Девочка с колечком на уме,
Зябкое прощанье в полутьме
Таллинского зимнего вокзала.
Узелок на память завязала,
Растворилась медленно в зиме,
О любви ни слова не сказала.
В Таллине, где тысяча простуд,
Дуют нескончаемые ветры,
Ежатся деревья, не растут…
Проглотить бы эти километры,
Возвратиться, поселиться тут…
Мешало мне в новой подружке то, что она, двадцатилетняя, ярко красила губы, вообще, что называется, следила за собою и одевалась по моде. Вернулся я несколько разочарованный; всего этого я не выносил… В мае или июне 1972 года она приезжала ко мне на Гражданку; в июле — я ездил к ней в Тарту, где она училась. Приятельство так и не перешло в любовь.
Из моих стихов, которые обсуждались на конференции в декабре 1971 года, помню только одно, которое я и тогда за стихи не держал:
В хижине светит лучина.
В сумерках светит луна.
Есть и у счастья причина.
Есть и у горя она.
Мы забываем обиды.
Годы тихонько летят.
Звезды меняют орбиты.
Кошки приносят котят.
Это был, в сущности, побочный продукт, который я, осмелев, включил в подборку на пробу: пройдет ли такое рядом со стихами, которые я сам ценю? Прошло беспрепятственно, но при обсуждении — задело за живое одного провинциального, честного и немолодого есенианца из числа участников семинара. Сам он, чувствовалось, был человеком сломленным и натерпевшимся, стихи писал, что называется, задушевные, и тут увидел не шутку, а враждебную вылазку. Говорил об этом без злобы, чуть не со слезами в голосе, — так ему было обидно за русскую поэзию. Я слушал его и мысленно был с ним, хоть всё же верил в своё право на шутку и каламбур. Защищаться не стал. Когда дошло до обсуждения его стихов, хвалил их больше, чем они того заслуживали.
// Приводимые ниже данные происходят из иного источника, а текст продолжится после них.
// The desk's commands that list: every clash of a site, every fault of a plan, the changes from one plan to another. What is said is made by proved functions,
// piece by piece; here it is only written, by way of `reply`.
ghost use Rattle.std.specs.Prelude.{◌≡◌, true, ◌≤◌, ◌<◌, length};
ghost use Rattle.laws.specs.Bits.{bit_in};
ghost use Rattle.site.specs.Record.{positions};
ghost use Rattle.site.specs.Reach.{clash_of};
ghost use Rattle.say_faults.specs.Said.{judgeable};

use arguments::THIRD_NAME;
use changelines::put_all_changes;
use infiles::{read_pair, read_plan_of, site_of};
use reply::{no, result, yes};
use say_faults::Piece;
use site::Site;

// The lines of the clashes of a site, by first cell; whether they were written.
fn put_all_clashes(rt: &HostRuntime, site: Site, text: &mut [u8]) -> bool
    requires { 65536 ≤ length text.old }
{
    for a in 0..32 {
        let end = say_clashes::put_clashes(text, 0, site, a);
        if !result(rt, text, end) {
            return false;
        }
    }
    true
}

// Every clash of a site, and how many they are.
pub fn run_clashes(rt: &HostRuntime, input: &[u8], text: &mut [u8])
    requires { 65536 ≤ length text.old }
{
    let Some(site) = site_of(rt, input, text) else {
        return;
    };
    if !put_all_clashes(rt, site, text) {
        reply::unwritten(rt);
        return;
    }
    let end = say_clashes::put_clash_count(text, 0, site);
    yes(rt, text, end);
}

// The faults of blocked positions, by position; whether they were written.
fn put_blocked_faults(
    rt: &HostRuntime,
    site: Site,
    table: &[u8],
    clash: [u32; 32],
    text: &mut [u8],
) -> bool
    requires { (65536 ≤ length text.old) × (judgeable site table.now ≡ true) × (bit_in clash ≡ clash_of site) }
{
    let n = (site.slots as usize) * (site.channels as usize);
    for k in 0..n {
        let end = say_faults::put_piece(text, 0, site, table, clash, Piece::AtBlocked(k));
        if !result(rt, text, end) {
            return false;
        }
    }
    true
}

// The clashes at one position, by first cell; whether they were written.
fn put_clashes_at(
    rt: &HostRuntime,
    site: Site,
    table: &[u8],
    clash: [u32; 32],
    k: usize,
    text: &mut [u8],
) -> bool
    requires { (65536 ≤ length text.old) × (judgeable site table.now ≡ true) × (bit_in clash ≡ clash_of site) × (k < positions site) }
{
    let cells = site.cells as usize;
    for a in 0..cells {
        let end = say_faults::put_piece(text, 0, site, table, clash, Piece::Clashing(k, a));
        if !result(rt, text, end) {
            return false;
        }
    }
    true
}

// The clashes, by position; whether they were written.
fn put_clash_faults(
    rt: &HostRuntime,
    site: Site,
    table: &[u8],
    clash: [u32; 32],
    text: &mut [u8],
) -> bool
    requires { (65536 ≤ length text.old) × (judgeable site table.now ≡ true) × (bit_in clash ≡ clash_of site) }
{
    let n = (site.slots as usize) * (site.channels as usize);
    for k in 0..n {
        if !put_clashes_at(rt, site, table, clash, k, text) {
            return false;
        }
    }
    true
}

// The wrong counts, and how many faults there are; whether they were written.
fn put_last(rt: &HostRuntime, site: Site, table: &[u8], clash: [u32; 32], text: &mut [u8]) -> bool
    requires { (65536 ≤ length text.old) × (judgeable site table.now ≡ true) × (bit_in clash ≡ clash_of site) }
{
    let end = say_faults::put_piece(text, 0, site, table, clash, Piece::Miscounts);
    if !result(rt, text, end) {
        return false;
    }
    let end = say_faults::put_things(text, 0, site, table, clash);
    result(rt, text, end)
}

// Every fault of a table, and how many they are; whether they were written.
fn put_faults(rt: &HostRuntime, site: Site, table: &[u8], text: &mut [u8]) -> bool
    requires { 65536 ≤ length text.old }
{
    if !say_faults::can_judge(site, table) {
        return false;
    }
    let clash = site.clash_rows();
    if !put_blocked_faults(rt, site, table, clash, text) {
        return false;
    }
    if !put_clash_faults(rt, site, table, clash, text) {
        return false;
    }
    put_last(rt, site, table, clash, text)
}

// Checks a plan file: valid, or everything that is wrong.
pub fn run_check_all(
    rt: &HostRuntime,
    input: &[u8],
    second: &[u8],
    table: &mut [u8],
    text: &mut [u8],
)
    requires { 65536 ≤ length text.old }
{
    let Ok(site) = read_pair(rt, input, second, table, text) else {
        return;
    };
    let verdict = checker::check(site, table);
    let end = say_verdicts::put_check(text, 0, site, verdict);
    if verdict.is_ok() {
        yes(rt, text, end);
        return;
    }
    if !put_faults(rt, site, table, text) {
        reply::unwritten(rt);
        return;
    }
    no(rt, text, 0);
}

// How many changes lead from one table to another, and each of them; whether they were written.
fn put_diff(rt: &HostRuntime, site: Site, old: &[u8], new: &[u8], text: &mut [u8]) -> bool
    requires { 65536 ≤ length text.old }
{
    let end = say_diff::put_change_count(text, 0, site, old, new);
    if !result(rt, text, end) {
        return false;
    }
    put_all_changes(rt, old, new, text, site, true)
}

// The changes from one plan to another.
pub fn run_diff(
    rt: &HostRuntime,
    input: &[u8],
    second: &[u8],
    third: &[u8],
    old: &mut [u8],
    new: &mut [u8],
    text: &mut [u8],
)
    requires { 65536 ≤ length text.old }
{
    let Ok(site) = read_pair(rt, input, second, old, text) else {
        return;
    };
    if !read_plan_of(rt, site, THIRD_NAME, third, new, text) {
        return;
    }
    if !put_diff(rt, site, old, new, text) {
        reply::unwritten(rt);
        return;
    }
    reply::fine(rt);
}
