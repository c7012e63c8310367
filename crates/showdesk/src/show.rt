// The desk's commands that show a plan: by channels and slots, by cells, for a spreadsheet, or as a picture. What is said is made by proved functions, a line
// at a time; here it is only written, by way of `reply`.
ghost use Rattle.std.specs.Prelude.{◌≤◌, length};

use crate::picture::put_picture;
use arguments::{NUMBERS, number};
use infiles::{read_pair, site_of};
use reply::{no, result};
use say_cells::SentAs;
use site::Site;

// After the width, how the plan is to be shown: 1 by cells, 2 for a spreadsheet, else by channels and slots; and 1 where a plan is given.
const FORM: usize = 5;

const GIVEN: usize = 6;

// The forms in which a plan is shown: by channels and slots, in pieces of a width, by cells, for a spreadsheet, or as a picture.
#[derive(Clone, Copy)]
enum ShownAs {
    Grid(usize),
    Cells,
    Sheet,
    Picture,
}

// The lines of a piece, which has so many slots from a slot on; whether they were written.
fn put_piece(
    rt: &HostRuntime,
    site: Site,
    table: &[u8],
    from: usize,
    many: usize,
    text: &mut [u8],
) -> bool
    requires { 65536 ≤ length text.old }
{
    let end = say_grid::put_gap(text);
    if !result(rt, text, end) {
        return false;
    }
    let lines = site.channels as usize + 1;
    for line in 0..lines {
        let end = say_grid::put_grid_line(text, site, table, line, from, many);
        if !result(rt, text, end) {
            return false;
        }
    }
    true
}

// A plan by channels and slots, in pieces that fit a width; whether it was written.
fn put_grid(rt: &HostRuntime, site: Site, table: &[u8], width: usize, text: &mut [u8]) -> bool
    requires { 65536 ≤ length text.old }
{
    let end = say_grid::put_legend(text);
    if !result(rt, text, end) {
        return false;
    }
    let slots = site.slots as usize;
    let mut from = 0;
    // How many slots fit differs from piece to piece.
    while from < slots {
        let many = say_grid::piece_slots(site, table, width, from);
        if many == 0 {
            return false;
        }
        if slots - from < many {
            return false;
        }
        if !put_piece(rt, site, table, from, many, text) {
            return false;
        }
        from += many;
    }
    true
}

// The lines of a cell; whether they were written.
fn put_cell(rt: &HostRuntime, site: Site, table: &[u8], i: usize, text: &mut [u8]) -> bool
    requires { 65536 ≤ length text.old }
{
    let end = say_cells::put_sender(text, site, table, SentAs::Sends, i);
    if !result(rt, text, end) {
        return false;
    }
    let end = say_cells::put_sender(text, site, table, SentAs::Clashing, i);
    if !result(rt, text, end) {
        return false;
    }
    let end = say_cells::put_sender(text, site, table, SentAs::Barred, i);
    result(rt, text, end)
}

// A plan by cells; whether it was written.
fn put_cells(rt: &HostRuntime, site: Site, table: &[u8], text: &mut [u8]) -> bool
    requires { 65536 ≤ length text.old }
{
    let cells = site.cells as usize;
    for i in 0..cells {
        if !put_cell(rt, site, table, i, text) {
            return false;
        }
    }
    true
}

// A plan for a spreadsheet, a line for each slot and channel; whether it was written. A site has at most 2,048 positions, and past its own nothing is said.
fn put_sheet(rt: &HostRuntime, site: Site, table: &[u8], text: &mut [u8]) -> bool
    requires { 65536 ≤ length text.old }
{
    let end = places::put_spread_head(text);
    if !result(rt, text, end) {
        return false;
    }
    for k in 0..2048 {
        let end = places::put_spread(text, site, table, k);
        if !result(rt, text, end) {
            return false;
        }
    }
    true
}

// The form that is asked for of `show`.
fn form_asked(rt: &HostRuntime) -> ShownAs {
    match number(rt, FORM) {
        1 => ShownAs::Cells,
        2 => ShownAs::Sheet,
        _ => ShownAs::Grid(number(rt, NUMBERS) as usize),
    }
}

// A plan in a form; whether it was written.
fn put_shown(rt: &HostRuntime, form: ShownAs, site: Site, table: &[u8], text: &mut [u8]) -> bool
    requires { 65536 ≤ length text.old }
{
    match form {
        ShownAs::Grid(width) => put_grid(rt, site, table, width, text),
        ShownAs::Cells => put_cells(rt, site, table, text),
        ShownAs::Sheet => put_sheet(rt, site, table, text),
        ShownAs::Picture => put_picture(rt, site, table, text),
    }
}

// A plan that was given, valid or not. Where it is not, the first thing that is wrong is said besides.
fn show_given(
    rt: &HostRuntime,
    form: ShownAs,
    input: &[u8],
    second: &[u8],
    table: &mut [u8],
    text: &mut [u8],
)
    requires { 65536 ≤ length text.old }
{
    let Ok(site) = read_pair(rt, input, second, table, text) else {
        return;
    };
    if !put_shown(rt, form, site, table, text) {
        reply::unwritten(rt);
        return;
    }
    let verdict = checker::check(site, table);
    let end = say_verdicts::put_check(text, 0, site, verdict);
    if verdict.is_err() {
        reply::message(rt, text, end);
    }
    reply::fine(rt);
}

// The plan of a site, as the command plan makes it.
fn show_plan(rt: &HostRuntime, form: ShownAs, input: &[u8], table: &mut [u8], text: &mut [u8])
    requires { 65536 ≤ length text.old }
{
    let Some(site) = site_of(rt, input, text) else {
        return;
    };
    let planned = planner::plan(site, table);
    let end = say_verdicts::put_plan(text, 0, site, planned);
    let Ok(()) = planned else {
        no(rt, text, end);
        return;
    };
    if !put_shown(rt, form, site, table, text) {
        reply::unwritten(rt);
        return;
    }
    reply::fine(rt);
}

// Shows a plan: the one that is given, or that of the site.
pub fn run_show(rt: &HostRuntime, input: &[u8], second: &[u8], table: &mut [u8], text: &mut [u8])
    requires { 65536 ≤ length text.old }
{
    let form = form_asked(rt);
    if number(rt, GIVEN) == 1 {
        show_given(rt, form, input, second, table, text);
        return;
    }
    show_plan(rt, form, input, table, text);
}

// A site and the plan that the command plan makes of it. Where it finds no room the table is idle, and its words are said besides: the range map shows why.
fn picture_plan(rt: &HostRuntime, input: &[u8], table: &mut [u8], text: &mut [u8])
    requires { 65536 ≤ length text.old }
{
    let Some(site) = site_of(rt, input, text) else {
        return;
    };
    let planned = planner::plan(site, table);
    if !put_picture(rt, site, table, text) {
        reply::unwritten(rt);
        return;
    }
    let end = say_verdicts::put_plan(text, 0, site, planned);
    if planned.is_err() {
        reply::message(rt, text, end);
    }
    reply::fine(rt);
}

// Draws a site and a plan: the one that is given, where argument 4 is 1, or that of the site.
pub fn run_picture(rt: &HostRuntime, input: &[u8], second: &[u8], table: &mut [u8], text: &mut [u8])
    requires { 65536 ≤ length text.old }
{
    if number(rt, NUMBERS) == 1 {
        show_given(rt, ShownAs::Picture, input, second, table, text);
        return;
    }
    picture_plan(rt, input, table, text);
}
Завершилась конференция парадным выступлением лучших (по два поэта-выдвиженца от семинара) в большом зале Шереметевского дворца; я в эту пару гнедых от своего семинара попал. Желтой кофты у меня не было: была красная, вязанная матерью шерстяная безрукавка. В ней я и вышел, причем под нею, в порядке каламбура, была серая рубаха: красное идет к серому, сер же — я, так этот каламбур расшифровывался.
Выступали и руководители семинаров; от нашего — Куклин. Обо мне в своем слове он говорил больше всего; сказал почему-то, что передо мною «открывается большая дорога». Может, тоже каламбурил? От конференции я получил рекомендацию на издание сборника стихов, но в ту пору такая рекомендация ровным счетом ничего уже не значила.
Во время конференции в коридорах появлялся поэт Василий Бетаки, о котором было известно, что «он уезжает», притом не один, а с Виолеттой Иверни. Я спрашивал себя: как он решается появляться здесь, когда уже порвал с этим миром, «с нами»? Ведь это вызов не только подлой системе, требующей от каждого низкого, животного патриотизма, это вызов и всем нам, всей русской литературе. Не укладывалось в сознании, почему люди не сторонятся его. О чем с ним говорить? Завтра он будет в потустороннем мире, откуда возврата нет. Что граница откроется; что мир станет одной большой деревней — этого никто и вообразить не мог.